• [WHAT THE EXERCISE ASKS]:
Beginning with the line where "pub const TRIES_OF_PAGE: u16 = 3;" appears, repeat every remaining line of the entries exactly, the last line included.

Saved entries
####
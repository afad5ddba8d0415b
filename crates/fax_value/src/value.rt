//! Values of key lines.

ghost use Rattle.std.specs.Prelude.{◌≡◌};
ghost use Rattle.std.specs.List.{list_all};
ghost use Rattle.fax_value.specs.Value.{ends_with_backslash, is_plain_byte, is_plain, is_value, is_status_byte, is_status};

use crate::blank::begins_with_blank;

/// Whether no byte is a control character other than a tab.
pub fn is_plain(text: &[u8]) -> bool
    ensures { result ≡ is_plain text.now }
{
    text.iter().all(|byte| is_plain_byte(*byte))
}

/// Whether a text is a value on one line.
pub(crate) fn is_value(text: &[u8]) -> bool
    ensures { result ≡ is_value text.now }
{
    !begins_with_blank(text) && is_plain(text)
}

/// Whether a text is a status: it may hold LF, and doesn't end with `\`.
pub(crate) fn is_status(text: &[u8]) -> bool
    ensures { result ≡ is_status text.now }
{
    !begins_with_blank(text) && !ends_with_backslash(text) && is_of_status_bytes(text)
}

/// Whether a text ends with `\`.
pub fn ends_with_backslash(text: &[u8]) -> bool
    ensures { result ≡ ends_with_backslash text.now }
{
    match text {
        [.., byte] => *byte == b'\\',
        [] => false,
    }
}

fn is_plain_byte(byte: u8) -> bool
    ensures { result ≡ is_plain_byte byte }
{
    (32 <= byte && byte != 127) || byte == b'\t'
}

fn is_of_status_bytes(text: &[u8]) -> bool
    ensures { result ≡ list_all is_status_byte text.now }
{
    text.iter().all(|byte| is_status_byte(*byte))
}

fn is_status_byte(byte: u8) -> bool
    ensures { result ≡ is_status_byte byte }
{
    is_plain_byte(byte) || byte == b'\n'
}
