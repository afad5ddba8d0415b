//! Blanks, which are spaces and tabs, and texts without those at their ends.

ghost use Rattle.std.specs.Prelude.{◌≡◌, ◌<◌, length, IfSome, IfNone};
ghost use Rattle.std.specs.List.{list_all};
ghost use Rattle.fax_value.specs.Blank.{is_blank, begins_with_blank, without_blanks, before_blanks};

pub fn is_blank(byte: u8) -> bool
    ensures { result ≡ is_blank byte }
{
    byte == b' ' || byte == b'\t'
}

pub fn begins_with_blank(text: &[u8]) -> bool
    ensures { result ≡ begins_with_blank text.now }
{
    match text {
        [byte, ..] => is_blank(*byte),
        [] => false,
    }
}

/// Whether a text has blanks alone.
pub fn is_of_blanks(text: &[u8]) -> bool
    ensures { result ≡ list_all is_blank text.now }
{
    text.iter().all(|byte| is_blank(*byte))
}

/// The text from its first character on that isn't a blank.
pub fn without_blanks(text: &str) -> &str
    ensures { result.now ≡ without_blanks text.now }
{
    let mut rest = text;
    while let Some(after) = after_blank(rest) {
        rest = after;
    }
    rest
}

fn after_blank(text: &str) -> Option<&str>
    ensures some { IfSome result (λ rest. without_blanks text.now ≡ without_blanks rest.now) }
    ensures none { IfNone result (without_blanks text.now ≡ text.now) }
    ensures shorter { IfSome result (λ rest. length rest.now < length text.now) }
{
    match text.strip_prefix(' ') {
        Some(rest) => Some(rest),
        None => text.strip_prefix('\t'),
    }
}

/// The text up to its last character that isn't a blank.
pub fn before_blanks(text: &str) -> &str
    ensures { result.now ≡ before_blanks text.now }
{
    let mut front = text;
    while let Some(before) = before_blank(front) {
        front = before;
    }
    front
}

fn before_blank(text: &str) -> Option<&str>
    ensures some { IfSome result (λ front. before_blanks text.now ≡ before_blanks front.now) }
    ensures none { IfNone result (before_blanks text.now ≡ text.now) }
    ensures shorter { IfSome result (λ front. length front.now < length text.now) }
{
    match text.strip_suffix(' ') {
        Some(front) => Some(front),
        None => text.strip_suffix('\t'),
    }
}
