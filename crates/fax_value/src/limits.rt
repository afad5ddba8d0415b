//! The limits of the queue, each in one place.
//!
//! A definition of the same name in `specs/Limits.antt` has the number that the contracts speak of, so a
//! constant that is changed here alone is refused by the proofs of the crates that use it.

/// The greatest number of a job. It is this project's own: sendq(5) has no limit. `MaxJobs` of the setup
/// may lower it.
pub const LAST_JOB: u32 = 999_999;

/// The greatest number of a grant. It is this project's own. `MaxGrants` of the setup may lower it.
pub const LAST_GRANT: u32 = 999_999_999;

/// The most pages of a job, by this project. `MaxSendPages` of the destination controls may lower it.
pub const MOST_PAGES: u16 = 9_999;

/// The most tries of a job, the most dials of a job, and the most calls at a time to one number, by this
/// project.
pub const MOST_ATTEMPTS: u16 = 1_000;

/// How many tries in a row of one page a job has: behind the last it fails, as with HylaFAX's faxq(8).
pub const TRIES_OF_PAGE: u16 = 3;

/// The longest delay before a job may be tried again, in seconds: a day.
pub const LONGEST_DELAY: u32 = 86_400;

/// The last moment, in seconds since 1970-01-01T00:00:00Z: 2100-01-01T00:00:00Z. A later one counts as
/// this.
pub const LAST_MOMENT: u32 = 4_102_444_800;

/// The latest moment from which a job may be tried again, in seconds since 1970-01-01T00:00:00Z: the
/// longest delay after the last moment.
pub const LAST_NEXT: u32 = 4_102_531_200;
####
• [RESPONSE AREA]:
pub const TRIES_OF_PAGE: u16 = 3;

/// The longest delay before a job may be tried again, in seconds: a day.
pub const LONGEST_DELAY: u32 = 86_400;

/// The last moment, in seconds since 1970-01-01T00:00:00Z: 2100-01-01T00:00:00Z. A later one counts as
/// this.
pub const LAST_MOMENT: u32 = 4_102_444_800;

/// The latest moment from which a job may be tried again, in seconds since 1970-01-01T00:00:00Z: the
/// longest delay after the last moment.
pub const LAST_NEXT: u32 = 4_102_531_200;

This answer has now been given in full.